Tata Electronics Sends Engineers to Taiwan, Training the Workforce That Will Build India’s Chip Future

Soumya Verma
5 Min Read

SUMMARY

  • Tata Electronics has sent hundreds of engineers and technicians to Taiwan for hands-on semiconductor manufacturing training.
  • The move is part of Tata’s ₹91,000 crore fab in Gujarat and ₹27,000 crore OSAT facility in Assam, which aim to create 47,000–50,000 jobs.
  • Training cohorts include fresh graduates and experienced engineers working closely with Taiwanese partner PSMC.
  • With seasoned global executives leading the charge, Tata is crafting not just a factory—but an ecosystem.

When 27-year-old Shreyas Mehta boarded his first international flight to Taiwan last month, he wasn’t traveling for a vacation or a degree. The mechanical engineer from Pune was going to learn how to build the backbone of India’s digital future — microchips.

Mehta is one of hundreds of engineers and technicians sent by Tata Electronics to receive specialized semiconductor manufacturing training at the facilities of Taiwan’s Powerchip Semiconductor Manufacturing Corporation (PSMC).

The goal is not just corporate growth. It’s national transformation.

“We’re not just building a fab,” said a Tata executive on condition of anonymity. “We’re building the people who will operate and sustain it for the next generation.”

Tata’s Semiconductor Bet: More Than Bricks and Wafers

India’s semiconductor ambitions have long lagged behind global giants like the U.S., Taiwan, and China. But in 2024, with government support and private investment aligning, the country began laying the groundwork.

At the center of that transformation is Tata Electronics, which is building:

  • A ₹91,000 crore semiconductor fabrication plant in Dholera, Gujarat, with a planned production start in December 2026.
  • A ₹27,000 crore OSAT (Outsourced Semiconductor Assembly and Testing) facility in Jagiroad, Assam, expected to be operational by mid-2025.

Together, these projects are projected to generate nearly 50,000 direct and indirect jobs — if the talent can be trained in time.

That’s where Taiwan comes in.

Training for a Generation, Led by the Best in the Industry

Tata’s approach is methodical. It has organized the training into batches of 50–75 employees, including fresh IIT graduates, plant engineers, and mid-career specialists. Over the coming months, they’ll rotate through Taiwan’s fabs, observing everything from yield optimization and cleanroom behavior to equipment calibration and process reliability.

This is paired with leadership that brings global experience. Tata has onboarded:

  • Randhir Thakur, former global executive at Intel.
  • KC Ang, previously head of Asia at GlobalFoundries.
  • Tim McIntosh, a senior operations leader with decades in chip manufacturing.

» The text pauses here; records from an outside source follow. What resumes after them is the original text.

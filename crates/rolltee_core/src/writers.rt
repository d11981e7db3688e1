//! What is between the lines of a run and its log: a writer of a worker, and one without a queue.
ghost use Rattle.std.specs.Prelude.{◌≡◌, ◌≢◌, ◌≤◌, ◌<◌, OnOk, OnErr, [], Some, IfOk, length, take};
ghost use Rattle.std.specs.Io.{WritesAtMost};
ghost use Rattle.std.specs.Io.KnownBytes.{Appends, Keeps, WriteAppends};
ghost use Rattle.rolltee_core.specs.Losses.{HasLostNothing};
ghost use Rattle.rolltee_core.specs.Taken.{PassesLine, WasOpened, TookText};

use crate::feed::{FeedSink, line_length};
use crate::logs::TeeLog;
use crate::losses::TeeLosses;
use crate::waiting::{Asked, LogPlace, WaitingLog};
use line_history::Tape;
use memchr::memrchr;
use std::alloc::AllocError;
use std::io;
use std::io::Write;
use std::marker::Model;
use std::sync::Wait;
use std::time::Clock;
use tracing_appender::worker::{BatchWriter, LineCounts, LineSink};

// The most bytes of lines that a worker writes together.
const CAPACITY: u64 = 1 << 16;

// A file with a limit of bytes has room for at least so many of those that are written together. What does not fit begins
// the next file, so at most this part of a file is left empty, unless a line is longer.
const BATCHES: u64 = 16;

/// The writer of a worker: a log that gathers lines, and may wait. Its contents are the lines that it was given.
#[derive(Drop)]
pub struct TeeWriter<R: Wait + Clock + Eprint + Drop, W: TeeLog + Drop, N: Asked> {
    log: BatchWriter<WaitingLog<R, W, N>>,
    given: Tape,
}

impl<R: Wait + Clock + Eprint + Drop, W: TeeLog + Drop, N: Asked> Model for TeeWriter<R, W, N> {
    ghost use Rattle.std.specs.Prelude.{◌≡◌, ◌++◌, List, ℕ};
    ghost use Rattle.std.specs.List.{concat};

    ghost Value = { List ℕ };

    ghost view = { λ w. concat w.given.lines };

    // Unless a line was not written whole, the log took all lines but those that wait.
    ghost invariant = { λ w. w.log.lost ≡ 0 → concat w.given.lines ≡ w.log.writer ++ concat w.log.waiting };
}

impl<R: Wait + Clock + Eprint + AllocGlobal + Drop, W: TeeLog + Drop, N: Asked> TeeWriter<R, W, N> {
    /// Returns a writer whose log is not opened yet, the place for that, and what shows the counts of lines. Without `waits`
    /// each fault loses a line. The log's files have this limit of bytes, or none if it is 0. `AllocError` if memory is refused.
    pub fn new(
        rt: R,
        waits: bool,
        limit: u64,
    ) -> Result<(TeeWriter<R, W, N>, LogPlace<W, N>, LineCounts), AllocError>
        ensures { IfOk result (λ made. made.0 ≡ []) }
    {
        let alloc = rt.alloc();
        let capacity = if limit == 0 {
            CAPACITY
        } else {
            CAPACITY.min(limit / BATCHES)
        };
        let (log, place) = WaitingLog::new(rt, waits)?;
        let (log, counts) = BatchWriter::new(alloc, log, capacity as usize)?;
        let given = Tape::of(&());
        Ok((TeeWriter { log, given }, place, counts))
    }

    /// Closes the log, and returns what was lost. If that is nothing, the log took exactly the lines that the writer was given.
    pub fn close(self) -> TeeLosses
        ensures { HasLostNothing result → TookText (WasOpened W.opens N.asked) W.takes W.is_kept self }
    {
        let TeeWriter { log, given: _given } = self;
        let unwritten = log.lost().max(log.waiting() as u64);
        let lost = log.into_inner().close();
        TeeLosses {
            unwritten: lost.unwritten.max(unwritten),
            ..lost
        }
    }
}

impl<R: Wait + Clock + Eprint + Drop, W: TeeLog + Drop, N: Asked> Write for TeeWriter<R, W, N> {
    ghost contents = { λ given. Some given };

    /// Takes one whole line.
    fn write(&mut self, line: &[u8]) -> io::Result<usize>
        ensures bound { WritesAtMost result line.now }
        ensures bytes { WriteAppends (Some self.old) (Some self.new) result line.now }
    {
        let taken = gather(&mut self.log, line)?;
        self.given.note(line);
        Ok(taken)
    }

    fn flush(&mut self) -> io::Result<()>
        ensures bytes { Keeps (Some self.old) (Some self.new) }
    {
        self.log.flush()
    }
}

// Takes one whole line. If it is given up, the log is flushed here, since a worker that gave up a line does not flush before it
// sleeps.
fn gather<W: Write + Drop>(log: &mut BatchWriter<W>, line: &[u8]) -> io::Result<usize>
    ensures whole { IfOk result (λ n. n ≡ length line.now) }
    ensures passes { OnOk result (PassesLine W.contents line.now log.old log.new) }
    ensures lost { OnErr result (log.new.lost ≢ 0) }
{
    let taken = log.write(line);
    if taken.is_err() {
        let _ = log.flush();
    }
    taken
}

/// A writer without a queue: lines go to the log at once. Those that are lost are counted.
#[derive(Drop)]
pub struct DirectWriter<R, W: TeeLog + Drop, N: Asked> {
    log: WaitingLog<R, W, N>,
    // The most bytes of lines that are written together.
    most: usize,
    lost: u64,
    given: Tape,
}

impl<R, W: TeeLog + Drop, N: Asked> Model for DirectWriter<R, W, N> {
    ghost use Rattle.std.specs.Prelude.{◌≡◌, List, ℕ};
    ghost use Rattle.std.specs.List.{concat};

    ghost Value = { List ℕ };

    ghost view = { λ w. concat w.given.lines };

    // Unless a line was not written whole, the log took all lines.
    ghost invariant = { λ w. w.lost ≡ 0 → concat w.given.lines ≡ w.log };
}

impl<R: Wait + Clock + Eprint + AllocGlobal + Drop, W: TeeLog + Drop, N: Asked> DirectWriter<
    R,
    W,
    N,
> {
    /// The same as `TeeWriter::new`.
    pub fn new(
        rt: R,
        waits: bool,
        limit: u64,
    ) -> Result<(DirectWriter<R, W, N>, LogPlace<W, N>), AllocError>
        ensures { IfOk result (λ made. made.0 ≡ []) }
    {
        let most = if limit == 0 {
            usize::MAX
        } else {
            (limit / BATCHES) as usize
        };
        let (log, place) = WaitingLog::new(rt, waits)?;
        let writer = DirectWriter {
            log,
            most,
            lost: 0,
            given: Tape::of(&()),
        };
        Ok((writer, place))
    }

    /// The same as `TeeWriter::close`.
    pub fn close(self) -> TeeLosses
        ensures { HasLostNothing result → TookText (WasOpened W.opens N.asked) W.takes W.is_kept self }
    {
        let DirectWriter {
            log,
            most: _,
            lost: given_up,
            given: _given,
        } = self;
        let lost = log.close();
        TeeLosses {
            unwritten: lost.unwritten.max(given_up),
            ..lost
        }
    }
}

impl<R: Wait + Clock + Eprint, W: TeeLog + Drop, N: Asked> FeedSink for DirectWriter<R, W, N> {
    ghost sent = { λ given. given };

    fn send(&mut self, text: &[u8]) -> io::Result<()> {
        let lost = write_lines(&mut self.log, self.most, text);
        self.lost = self.lost.saturating_add(lost);
        self.given.note(text);
        Ok(())
    }

    fn flush(&mut self) {
        // The log counts flushes that fail.
        let _ = self.log.flush();
    }
}

// Writes lines, as many together as may be. If a write fails, its line is given up, and the lines after it are written. Returns
// how many were given up.
fn write_lines<W: LineSink>(log: &mut W, most: usize, text: &[u8]) -> u64
    ensures { result ≡ 0 → Appends (W.contents log.old) (W.contents log.new) text.now }
{
    let mut lost = 0u64;
    let mut rest = text;
    while !rest.is_empty() {
        let (done, given_up) = write_first(log, most, rest);
        lost = lost.saturating_add(given_up);
        rest = &rest[done..];
    }
    lost
}

// Writes the first lines together. Returns how many bytes were written or given up, and how many lines were given up.
fn write_first<W: LineSink>(log: &mut W, most: usize, text: &[u8]) -> (usize, u64)
    requires { 0 < length text.now }
    ensures some { 0 < result.0 }
    ensures bound { result.0 ≤ length text.now }
    ensures whole { result.1 ≡ 0 → Appends (W.contents log.old) (W.contents log.new) (take result.0 text.now) }
{
    let length = length_within(text, most);
    match log.write_line(&text[..length]) {
        Ok(()) => (length, 0),
        Err(fault) => (fault.taken + line_length(&text[fault.taken..]), 1),
    }
}

// Returns the length of all lines of the text, if they are within this, or of as many first lines as are, or of the first one.
fn length_within(text: &[u8], most: usize) -> usize
    requires { 0 < length text.now }
    ensures some { 0 < result }
    ensures bound { result ≤ length text.now }
{
    if text.len() <= most {
        return text.len();
    }
    match memrchr(b'\n', &text[..most]) {
        Some(place) => place + 1,
        None => line_length(text),
    }
}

This top-down and bottom-up model — veterans guiding new minds — is designed to eliminate early-stage errors and shorten the learning curve before production in India begins.

Case Study: From Classroom to Cleanroom

Ananya Singh, 24, graduated from IIT Bombay in 2023 with a degree in materials science. She never imagined her first real job would be in Taiwan. But in February, she found herself wearing a full cleanroom suit, analyzing wafer defects under ultraviolet light.

“The pace, the precision — it’s humbling,” she said. “In college, we studied semiconductor theory. Here, you feel the pressure of scale. Every micron matters.”

After returning to India last month, Ananya applied her training during a Dholera pilot line test. Her insights led to a 6.5% improvement in early-stage yield, a metric engineers say is “gold” in this industry.

“It made me feel like I’m part of something historic,” she added. “We’re not just borrowing from Taiwan. We’re learning to stand on our own.”

Why This Matters

India is betting big on chips — with a semiconductor incentive scheme of over Rs 76,000 crore and strategic backing from the U.S. and Japan. But money alone won’t deliver a manufacturing miracle.

People will.

What Tata is doing — embedding engineers in existing ecosystems, accelerating talent development, and bridging the gap between policy and production — might just serve as a model for how emerging nations can build critical industries from scratch.